Yeah, I don't like it.
My sister watches it every night on the only tv in the house and it drives me crazy.
No offense to people who like it

----------


## Chris_2k11

All you FA fans will have to start tuning into channel 4 at half 6 from now on then   :Stick Out Tongue:

----------


## Bryan

> All you FA fans will have to start tuning into channel 4 at half 6 from now on then


id rather watch paint dry   :Stick Out Tongue:

----------


## Bryan

> its rubbish anyway !!!


just because YOU dont like it, dosent mean to say that 2million+ people dont.

its put on at a bad time - becuase people are coming home from work, cooking tea, putting kids to bed and watching the news... 

its always been in the same league as the top 3 and should have been given a better time... 

i for one will be very sad to see it go...and what will it be replaced with? an extended news? repeats of programmes? or a new soap that no-one will be intrested in? they might aswell just keep family affairs!

----------


## Chris_2k11

> id rather watch paint dry


How dare you!  :EEK!:   :Lol:

----------


## Bryan

> How dare you!


had visions of you saying that in a Max n Paddy tone of voice!   :Lol:

----------


## jannine191

Hollyoaks is ace !!

----------


## Chris_2k11

> Hollyoaks is ace !!


Here here!   :Cheer:

----------


## bakedbean

> Hollyoaks is ace !!


I WOULD PREFER TO WATCH THE NEWS BORING

BYE BYE FAMILY AFFAIRS I WILL MISS IT FOR EVER FRIDAY 30TH WILL BE A SAD DAY. I AM GONNA START TAPING THE FINAL WEEKS OF FAMILY AFFAIRS TO LOOK BACK ON!!!!

----------


## Debs

> I WOULD PREFER TO WATCH THE NEWS BORING
>  !


 
 :EEK!:   :EEK!:   :EEK!:  

take that back hollyoaks is fab LOL

----------


## bakedbean

I Will Admit I Used To Watch It But I Never Enjoyed It As Much As Family Affairs.
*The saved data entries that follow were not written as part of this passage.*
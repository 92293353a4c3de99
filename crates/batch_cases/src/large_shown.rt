// What the large case prints: the report of a batch, the state of the tables, the answers to questions.
use crate::large_rows::about_rows;
use crate::large_tables::{
    BookHeads, BookNext, BookRows, Heads, Next, Parents, Report, Rows, Windows, Work,
};
use crate::out::Out;
use crate::{large_tables, lines};
use answers::Changed;
use factor::Factor;
use std::fmt::Write;

// ---- reports

// The places of the touched columns that are shown with their labels.
const SHOWN: [usize; 7] = [0, 37, 38, 128, 129, 384, 385];

// The report of a batch, and some of its labels.
pub fn tell(changed: Changed, touched: &Report, labels: &Report) {
    lines::report(changed);
    if changed.number != 0 {
        return;
    }
    lines::text("labels");
    for place in SHOWN {
        let _ = write!(Out, " {}:{}", touched[place], labels[place]);
    }
    lines::end();
}

// ---- fresh patterns

// Whether the record holds row j alone, once.
fn is_diagonal(rows: &Rows, counts: &Rows, next: &Next, head: u32, j: u32) -> bool {
    if head < 1 || 65536 < head {
        return false;
    }
    let at = (head - 1) as usize;
    u32::from(rows[at]) == j && counts[at] == 1 && next[at] == 0
}

// How many columns have the fresh pattern and no parent.
fn fresh(heads: &Heads, parents: &Parents, rows: &Rows, counts: &Rows, next: &Next) -> u32 {
    let mut count: u32 = 0;
    for k in 0..4096 {
        if parents[k] == 0 && is_diagonal(rows, counts, next, heads[k], k as u32 + 1) {
            count += 1;
        }
    }
    count
}

// What check answers, and how many columns are fresh.
pub fn state(
    record: Factor,
    heads: &Heads,
    parents: &Parents,
    rows: &Rows,
    counts: &Rows,
    next: &Next,
    book_heads: &BookHeads,
    book_rows: &BookRows,
    book_next: &BookNext,
    windows: &Windows,
    work: &mut Work,
) {
    lines::text("check");
    lines::reply(large_tables::check(
        record, heads, parents, rows, counts, next, book_heads, book_rows, book_next, windows, work,
    ));
    lines::text("; fresh");
    lines::word(fresh(heads, parents, rows, counts, next));
    lines::end();
}

// ---- questions

// The lengths of the path and of the pattern of row j.
fn lengths(
    record: Factor,
    heads: &Heads,
    parents: &Parents,
    rows: &Rows,
    counts: &Rows,
    next: &Next,
    book_heads: &BookHeads,
    book_rows: &BookRows,
    book_next: &BookNext,
    windows: &Windows,
    work: &mut Work,
    j: u32,
) {
    let mut list = [0u32; 512];
    lines::text("lengths of path and column of");
    lines::word(j);
    lines::text(":");
    lines::reply(large_tables::path(
        record, heads, parents, rows, counts, next, book_heads, book_rows, book_next, windows,
        work, &mut list, j,
    ));
    lines::reply(large_tables::column(
        record, heads, parents, rows, counts, next, book_heads, book_rows, book_next, windows,
        work, &mut list, j,
    ));
    lines::end();
}

// The first row at or above i in column j, and its multiplicity.
fn next_row(
    record: Factor,
    heads: &Heads,
    parents: &Parents,
    rows: &Rows,
    counts: &Rows,
    next: &Next,
    book_heads: &BookHeads,
    book_rows: &BookRows,
    book_next: &BookNext,
    windows: &Windows,
    work: &mut Work,
    i: u32,
    j: u32,
) {
    let found = large_tables::next_row(
        record, heads, parents, rows, counts, next, book_heads, book_rows, book_next, windows,
        work, i, j,
    );
    lines::next_row(i, j, found);
}

// Rows that are asked for, each with the column that it is asked for in.
const ASKED: [(u32, u32); 7] = [
    (10, 10),
    (1300, 1300),
    (2940, 1300),
    (2950, 1300),
    (3850, 3850),
    (3850, 1290),
    (1291, 1290),
];

// The questions on the full factor.
pub fn ask(
    record: Factor,
    heads: &Heads,
    parents: &Parents,
    rows: &Rows,
    counts: &Rows,
    next: &Next,
    book_heads: &BookHeads,
    book_rows: &BookRows,
    book_next: &BookNext,
    windows: &Windows,
    work: &mut Work,
) {
    lengths(
        record, heads, parents, rows, counts, next, book_heads, book_rows, book_next, windows,
        work, 10,
    );
    about_rows(
        record, heads, parents, rows, counts, next, book_heads, book_rows, book_next, windows, work,
    );
    for (i, j) in ASKED {
        next_row(
            record, heads, parents, rows, counts, next, book_heads, book_rows, book_next, windows,
            work, i, j,
        );
    }
}
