// The tables of the large case: m 4,096, n 64, F 65,536, C 16,384; and the calls of the factor on them.
use answers::Changed;
use book::Row;
use factor::Factor;
use questions::{Found, Reply};

pub type Heads = [u32; 4096];

pub type Parents = [u16; 4096];

pub type Rows = [u16; 65536];

pub type Next = [u32; 65536];

pub type BookHeads = [u32; 64];

pub type BookRows = [u16; 16384];

pub type BookNext = [u32; 16384];

pub type Windows = [u32; 128];

pub type Work = [u32; 312384];
// Touched columns or labels.
pub type Report = [u16; 4096];
// Ids, or a count or a minute for each.
pub type Ids = [u32; 64];
// The rows of all columns.
pub type RowList = [u32; 16384];

// Opens with f factor records, and gives the record; one of sizes 0 where it is refused.
pub fn open(
    heads: &mut Heads,
    parents: &mut Parents,
    rows: &mut Rows,
    counts: &mut Rows,
    next: &mut Next,
    book_heads: &mut BookHeads,
    book_rows: &mut BookRows,
    book_next: &mut BookNext,
    windows: &mut Windows,
    work: &mut Work,
    f: u32,
) -> Factor {
    let opening = Factor::open(
        4096, 64, f, 16384, 0, 0, 0, heads, parents, rows, counts, next, book_heads, book_rows,
        book_next, windows, work,
    );
    let Ok(record) = opening else {
        return Factor {
            m: 0,
            n: 0,
            f: 0,
            c: 0,
            free: 0,
            book_free: 0,
            grade2: 0,
            grade3: 0,
            grade4: 0,
            clock: 0,
        };
    };
    record
}

// Adds a batch; one list has its first and its second minutes.
pub fn add(
    record: Factor,
    heads: &Heads,
    parents: &mut Parents,
    rows: &mut Rows,
    counts: &mut Rows,
    next: &mut Next,
    book_heads: &mut BookHeads,
    book_rows: &mut BookRows,
    book_next: &mut BookNext,
    windows: &mut Windows,
    work: &mut Work,
    touched: &mut Report,
    labels: &mut Report,
    ids: &Ids,
    row_counts: &Ids,
    row_list: &RowList,
    minutes: &Ids,
) -> Changed {
    changes::add(
        record, heads, parents, rows, counts, next, book_heads, book_rows, book_next, windows,
        work, touched, labels, ids, row_counts, row_list, minutes, minutes,
    )
}

pub fn remove(
    record: Factor,
    heads: &Heads,
    parents: &mut Parents,
    rows: &mut Rows,
    counts: &mut Rows,
    next: &mut Next,
    book_heads: &mut BookHeads,
    book_rows: &mut BookRows,
    book_next: &mut BookNext,
    windows: &mut Windows,
    work: &mut Work,
    touched: &mut Report,
    labels: &mut Report,
    ids: &Ids,
) -> Changed {
    changes::remove(
        record, heads, parents, rows, counts, next, book_heads, book_rows, book_next, windows,
        work, touched, labels, ids,
    )
}

pub fn check(
    record: Factor,
    heads: &Heads,
    parents: &Parents,
    rows: &Rows,
    counts: &Rows,
    next: &Next,
    book_heads: &BookHeads,
    book_rows: &BookRows,
    book_next: &BookNext,
    windows: &Windows,
    work: &mut Work,
) -> Reply {
    record.check(
        heads, parents, rows, counts, next, book_heads, book_rows, book_next, windows, work,
    )
}

pub fn next_row(
    record: Factor,
    heads: &Heads,
    parents: &Parents,
    rows: &Rows,
    counts: &Rows,
    next: &Next,
    book_heads: &BookHeads,
    book_rows: &BookRows,
    book_next: &BookNext,
    windows: &Windows,
    work: &mut Work,
    i: u32,
    j: u32,
) -> Found {
    record.next_row(
        heads,
        parents,
        rows,
        counts,
        next,
        book_heads,
        book_rows,
        book_next,
        windows,
        work,
        Row(i),
        Row(j),
    )
}

pub fn path(
    record: Factor,
    heads: &Heads,
    parents: &Parents,
    rows: &Rows,
    counts: &Rows,
    next: &Next,
    book_heads: &BookHeads,
    book_rows: &BookRows,
    book_next: &BookNext,
    windows: &Windows,
    work: &mut Work,
    list: &mut [u32],
    j: u32,
) -> Reply {
    record.path(
        heads,
        parents,
        rows,
        counts,
        next,
        book_heads,
        book_rows,
        book_next,
        windows,
        work,
        list,
        Row(j),
        0,
    )
}

pub fn column(
    record: Factor,
    heads: &Heads,
    parents: &Parents,
    rows: &Rows,
    counts: &Rows,
    next: &Next,
    book_heads: &BookHeads,
    book_rows: &BookRows,
    book_next: &BookNext,
    windows: &Windows,
    work: &mut Work,
    list: &mut [u32],
    j: u32,
) -> Reply {
    record.column(
        heads,
        parents,
        rows,
        counts,
        next,
        book_heads,
        book_rows,
        book_next,
        windows,
        work,
        list,
        Row(j),
        0,
    )
}

pub fn meets(
    record: Factor,
    heads: &Heads,
    parents: &Parents,
    rows: &Rows,
    counts: &Rows,
    next: &Next,
    book_heads: &BookHeads,
    book_rows: &BookRows,
    book_next: &BookNext,
    windows: &Windows,
    work: &mut Work,
    list: &mut [u32],
    i: u32,
) -> Reply {
    record.meets(
        heads,
        parents,
        rows,
        counts,
        next,
        book_heads,
        book_rows,
        book_next,
        windows,
        work,
        list,
        Row(i),
        0,
    )
}

pub fn common(
    record: Factor,
    heads: &Heads,
    parents: &Parents,
    rows: &Rows,
    counts: &Rows,
    next: &Next,
    book_heads: &BookHeads,
    book_rows: &BookRows,
    book_next: &BookNext,
    windows: &Windows,
    work: &mut Work,
    row_list: &[u32],
) -> Reply {
    record.common(
        heads, parents, rows, counts, next, book_heads, book_rows, book_next, windows, work,
        row_list,
    )
}
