// The calls of the factor, each with its lines.
use crate::lines;
use case_tables::Host;
use questions::Reply;

// Opens anew with the old limits, and gives the host from now on.
pub fn open(m: u32, n: u32, f: u32, c: u32) -> Host {
    open_with(m, n, f, c, 0, 0, 0)
}

// Opens anew with limits of the grades.
pub fn open_with(m: u32, n: u32, f: u32, c: u32, grade2: u32, grade3: u32, grade4: u32) -> Host {
    let mut h = Host::unopened();
    let opened = h.open(m, n, f, c, grade2, grade3, grade4);
    if opened == 0 {
        lines::text("open\n");
    } else {
        lines::no(opened, 0);
    }
    h
}

// Adds columns that have no window.
pub fn add(before: Host, ids: &[u32], counts: &[u32], rows: &[u32]) -> Host {
    let mut h = before;
    lines::tell(&h.add_always(ids, counts, rows));
    h
}

// Adds columns with their windows.
pub fn add_within(
    before: Host,
    ids: &[u32],
    counts: &[u32],
    rows: &[u32],
    firsts: &[u32],
    seconds: &[u32],
) -> Host {
    let mut h = before;
    lines::tell(&h.add(ids, counts, rows, firsts, seconds));
    h
}

pub fn remove(before: Host, ids: &[u32]) -> Host {
    let mut h = before;
    lines::tell(&h.remove(ids));
    h
}

// Sets the clock, and says where it stands then.
pub fn set_clock(before: Host, minute: u32) -> Host {
    let mut h = before;
    lines::tell(&h.set_clock(minute));
    lines::text("clock");
    lines::word(h.factor.clock);
    lines::end();
    h
}

// ---- the factor, as the listing shows it

// Column j: j, its parent, its entries.
fn show_column(h: &Host, j: u32) {
    let mut list = [0u32; 128];
    let parent = h.parent(j);
    let column = h.column(&mut list, j, 0);
    lines::number(j);
    lines::reply(parent);
    lines::pairs(&list, column.value);
    lines::end();
}

// What check answers, then every column.
pub fn show(h: Host) {
    let sound = h.check();
    lines::text("check");
    lines::word(sound.number);
    lines::end();
    for j in 1..=h.row_count() {
        show_column(&h, j);
    }
}

// The second record of column j, by the tables themselves; 0 where there is none.
pub fn second_record(h: Host, j: u32) -> u32 {
    if j < 1 || 64 < j {
        return 0;
    }
    let head = h.heads[(j - 1) as usize];
    if head < 1 || 2080 < head {
        return 0;
    }
    h.next[(head - 1) as usize]
}

// ---- questions; a list is one of six places that hold 9, shown whole

// What a question answers, and the list that it was lent.
fn listed(name: &str, reply: Reply, list: &[u32]) {
    lines::text(name);
    lines::reply(reply);
    lines::text(":");
    lines::places(list);
    lines::end();
}

pub fn path(h: Host, at: usize, j: u32) {
    let mut list = [9u32; 6];
    let reply = h.path(&mut list, j, at);
    listed("path", reply, &list);
}

pub fn column(h: Host, at: usize, j: u32) {
    let mut list = [9u32; 6];
    let reply = h.column(&mut list, j, at);
    listed("column", reply, &list);
}

pub fn meets(h: Host, at: usize, i: u32) {
    let mut list = [9u32; 6];
    let reply = h.meets(&mut list, i, at).reply;
    listed("meets", reply, &list);
}

// The smallest row on the paths of all rows that are named.
pub fn common(h: Host, rows: &[u32]) {
    lines::text("common");
    lines::reply(h.common(rows).reply);
    lines::end();
}

pub fn parent(h: Host, j: u32) {
    lines::text("parent");
    lines::reply(h.parent(j));
    lines::end();
}

// The first row at or above i in column j, and its multiplicity.
pub fn next_row(h: Host, i: u32, j: u32) {
    lines::next_row(i, j, h.next_row(i, j));
}
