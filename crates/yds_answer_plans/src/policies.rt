//! `avr --grid G` and `oa --grid G`: the document's jobs and points with the slots of a policy's run, and its grid.
ghost use Rattle.std.specs.Prelude.{◌≡◌, ◌≤◌, [], IfOk, Some, None, length};
ghost use Rattle.yds_model.specs.Document.{with_answer};
ghost use Rattle.yds_model.specs.PolicyAnswer.{AverageRateAnswer, OptimalAvailableAnswer};
ghost use Rattle.yds_model.specs.Within.{IsDocument};
ghost use Rattle.yds_answer.specs.Endings.{Replies};
ghost use Rattle.yds_model.specs.Answer.{AnswersQuestion};
ghost use Rattle.yds_model.specs.Request.{AskAverageRate, AskOptimalAvailable};
ghost use Rattle.document_value.specs.Documents.{document_view};
ghost use Rattle.yds_answer_plans.specs.Policies.{policy_text};

use document_text::print;
use document_value::{Document, Grid};
use std::alloc::Global;
use yds_answer::{Answer, reply};
use yds_avr::avr;
use yds_certificate::Certificate;
use yds_edf::PolicyRun;
use yds_model::limits::{MAX_GRID, MAX_ROUNDED};
use yds_model::{Memory, Status};
use yds_oa::oa;
use yds_port::{Sink, WriteFault};

/// A document with the run of a policy on a grid.
#[derive(Drop)]
pub struct PolicyDocument<'a> {
    document: Document<'a>,
}

impl Answer for PolicyDocument<'_> {
    ghost use Rattle.base.specs.declared.status.Status.TheVariants as statuses;
    ghost use Rattle.yds_answer_plans.specs.Policies.{policy_text};

    ghost text = { policy_text };

    ghost ends = { λ _. statuses.Done };

    fn status(&self) -> Status {
        Status::Done
    }

    fn write<K: Sink>(&self, sink: &mut K) -> Result<(), WriteFault> {
        print(&self.document, sink)
    }
}

/// Answers with the run of Average Rate on the document's jobs.
pub fn answer_average_rate<K: Sink>(
    alloc: Global,
    document: Document<'_>,
    grid: u32,
    sink: &mut K,
) -> Status
    requires some_grid { 1 ≤ grid }
    requires grid_in_range { grid ≤ MAX_GRID }
    ensures { Replies K.written K.flushed K.flushes K.faults (AnswersQuestion (AskAverageRate grid) (document_view document.entry)) result sink.old sink.new }
{
    reply(average_rate_document(alloc, document, grid), sink)
}

/// Answers with the run of Optimal Available on the document's jobs.
pub fn answer_optimal_available<K: Sink>(
    alloc: Global,
    document: Document<'_>,
    grid: u32,
    sink: &mut K,
) -> Status
    requires some_grid { 1 ≤ grid }
    requires grid_in_range { grid ≤ MAX_GRID }
    ensures { Replies K.written K.flushed K.flushes K.faults (AnswersQuestion (AskOptimalAvailable grid) (document_view document.entry)) result sink.old sink.new }
{
    reply(optimal_available_document(alloc, document, grid), sink)
}

/// Runs Average Rate on the document's jobs.
fn average_rate_document<'a>(
    alloc: Global,
    document: Document<'a>,
    grid: u32,
) -> Result<PolicyDocument<'a>, Memory>
    requires some_grid { 1 ≤ grid }
    requires grid_in_range { grid ≤ MAX_GRID }
    ensures { IfOk result (λ answer. AverageRateAnswer (document_view document.entry) grid (policy_text answer) Status.Done) }
{
    let run = avr(alloc, document.instance.rows(), grid)?;
    Ok(with_run(alloc, document, grid, run))
}

/// Runs Optimal Available on the document's jobs.
fn optimal_available_document<'a>(
    alloc: Global,
    document: Document<'a>,
    grid: u32,
) -> Result<PolicyDocument<'a>, Memory>
    requires some_grid { 1 ≤ grid }
    requires grid_in_range { grid ≤ MAX_GRID }
    ensures { IfOk result (λ answer. OptimalAvailableAnswer (document_view document.entry) grid (policy_text answer) Status.Done) }
{
    let run = oa(alloc, document.instance.rows(), grid)?;
    Ok(with_run(alloc, document, grid, run))
}

/// The document with the slots of a run on this grid.
fn with_run(alloc: Global, document: Document<'_>, grid: u32, run: PolicyRun) -> PolicyDocument<'_>
    requires some_grid { 1 ≤ grid }
    requires grid_in_range { grid ≤ MAX_GRID }
    requires jobs { run.schedule.jobs ≡ length document.instance.jobs }
    requires count_in_range { run.rounded ≤ MAX_ROUNDED }
    ensures shown { document_view result.document ≡ with_answer (document_view document.entry) run.schedule.slots [] (Some (record { grid = grid; rounded = run.rounded })) None }
    ensures possible { IsDocument (document_view result.document) }
{
    let grid = Grid {
        grid,
        rounded: run.rounded,
    };
    let document = document.with_answer(run.schedule, Certificate::new(alloc), Some(grid), None);
    PolicyDocument { document }
}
Hollyoaks Only Intresting Storylines Have Been The Andy Rape And Justin Racist Storyline. Where As Family Affairs Has Got Much Stronger Charecters Like Pete And Eilleen And They Have Some Great Storylines Like The Costellos And The Child Molestring Storyline

----------


## Debs

> I Will Admit I Used To Watch It But I Never Enjoyed It As Much As Family Affairs. Hollyoaks Only Intresting Storylines Have Been The Andy Rape And Justin Racist Storyline. Where As Family Affairs Has Got Much Stronger Charecters Like Pete And Eilleen And They Have Some Great Storylines Like The Costellos And The Child Molestring Storyline


 

i started to watch family affairs and actually really liked it but it on at the same time as hollyoaks so cant watch it

----------


## Bryan

> i started to watch family affairs and actually really liked it but it on at the same time as hollyoaks so cant watch it


are you in possesion of a vcr?   :Lol:

----------


## Crazy Gal 88

ok so thats when its going to end but how? surely they can't just leave it in mid air?can they?

----------


## Jemma

> ok so thats when its going to end but how? surely they can't just leave it in mid air?can they?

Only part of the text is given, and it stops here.